Under “Requirements for Officials,” the guidelines state:

Do not shake hands or fist bump other officials, wrestlers or coaches. At the end of match procedure do not declare the winner of the match by raising the winning wrestler’s hand. To conclude the end of match procedure, the official may point to the winning wrestler while raising his/her own arm (with open hand) having the requisite wristband color (red/green) of the winning wrestler.

In January 2020, a New Jersey high school canceled its wrestling match with another high school because of the flu raging through the student body. Hanover Park coach Tyler Branham said at least 70 students had been absent from school, many with the flu, prompting the cancellation of the school’s match with Phillipsburg. He stated, “I don’t think (the match) really benefitted anyone at this point in the season.”

In an article titled “Contagious Infections in Competitive Sports,” written in 1995 by E. Randy Eichner, M.D., Professor of Medicine at the University of Oklahoma Health Sciences Center, Eichner highlighted infections that had spread in past decades via wrestling:

A recent review of the medical literature (going back to 1966) finds 38 reports of infections from competitive sports: 24 outbreaks or instances of person-to-person transmission; nine common-source transmissions; and five airborne transmissions. It also finds 28 newspaper reports of infectious outbreaks or exposures or issues concerning vaccination. The infectious agents were mainly viruses but also fungi and gram-positive and gram-negative bacteria (Goodman et al., 1994).

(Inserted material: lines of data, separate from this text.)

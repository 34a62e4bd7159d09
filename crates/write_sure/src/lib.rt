//! Printed proofs of sure captures, found by search.
//!
//! `sure_proof` says what a proof of a sure capture is, and checks one without a search. This crate finds a proof:
//! `read_zones` tells which play captures, and the zone of each pass, as the checker computes it, tells which replies
//! the proof has to give. A text is answered only if the checker accepts it, so each text that is answered is a proof.
#![tactic(auto)]

mod checked_proof;
mod refusal;
mod text;
mod walk;

pub use checked_proof::sure_proof;
pub use refusal::SureProofError;
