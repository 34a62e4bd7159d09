//! A text that grows word by word until it is too long.

ghost use Rattle.std.specs.Prelude.{◌≡◌, ◌*◌, ◌<◌, ◌≤◌, ◌↔◌, IsTrue, length};
ghost use Rattle.write_sure.specs.Room.{longest_proof};

use crate::refusal::SureProofError;
use go_base::{Bytes, Point, Size};
use vertices::vertex_text;

/// How many bytes a proof may have at most.
const MAX_BYTES: usize = 1_048_576;

/// Whether the text has at most 1,048,576 bytes.
pub(crate) fn is_short(text: &[u8]) -> bool
    ensures { IsTrue result ↔ (length text.now ≤ longest_proof) }
{
    text.len() <= MAX_BYTES
}

/// The bytes of `text` after the first `count`; none if it has fewer.
pub(crate) fn behind(text: &[u8], count: usize) -> &[u8] {
    if count > text.len() {
        return b"";
    }
    &text[count..]
}

/// Puts the bytes `more` at the end of `out`, if `out` is not too long yet.
fn put(out: &mut Bytes, more: &[u8]) -> Result<(), SureProofError> {
    if !is_short(out.as_slice()) {
        return Err(SureProofError::TooLong);
    }
    Ok(out.extend(more)?)
}

/// Puts a word at the end of `out`, after a blank if `out` is not empty.
pub(crate) fn put_word(out: &mut Bytes, word: &[u8]) -> Result<(), SureProofError> {
    if !out.as_slice().is_empty() {
        put(out, b" ")?;
    }
    put(out, word)
}

/// Puts the vertex of `p` at the end of `out`, after a blank if `out` is not empty.
pub(crate) fn put_vertex(out: &mut Bytes, size: Size, p: Point) -> Result<(), SureProofError>
    requires { p < size * size }
{
    put_word(out, vertex_text(size, p).as_slice())
}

Of the 24 medical reports of person-to-person spread, most were herpes simplex infections in wrestlers (“herpes gladiatorum”) or rugby players, or other skin infections (fungal or bacterial) in wrestlers, football players, or rugby players. …An outbreak of herpes gladiatorum in 60 (35%) of 175 young wrestlers at a Minneapolis training camp suggests means for future prevention. Besides a vesicular rash, some wrestlers also had fever, chills, sore throat, headache, and/or enlarged lymph nodes. Some wrestlers were allowed to compete despite a rash. Transmission was mainly by skin-to-skin spread, aided by skin abrasions from mat burns.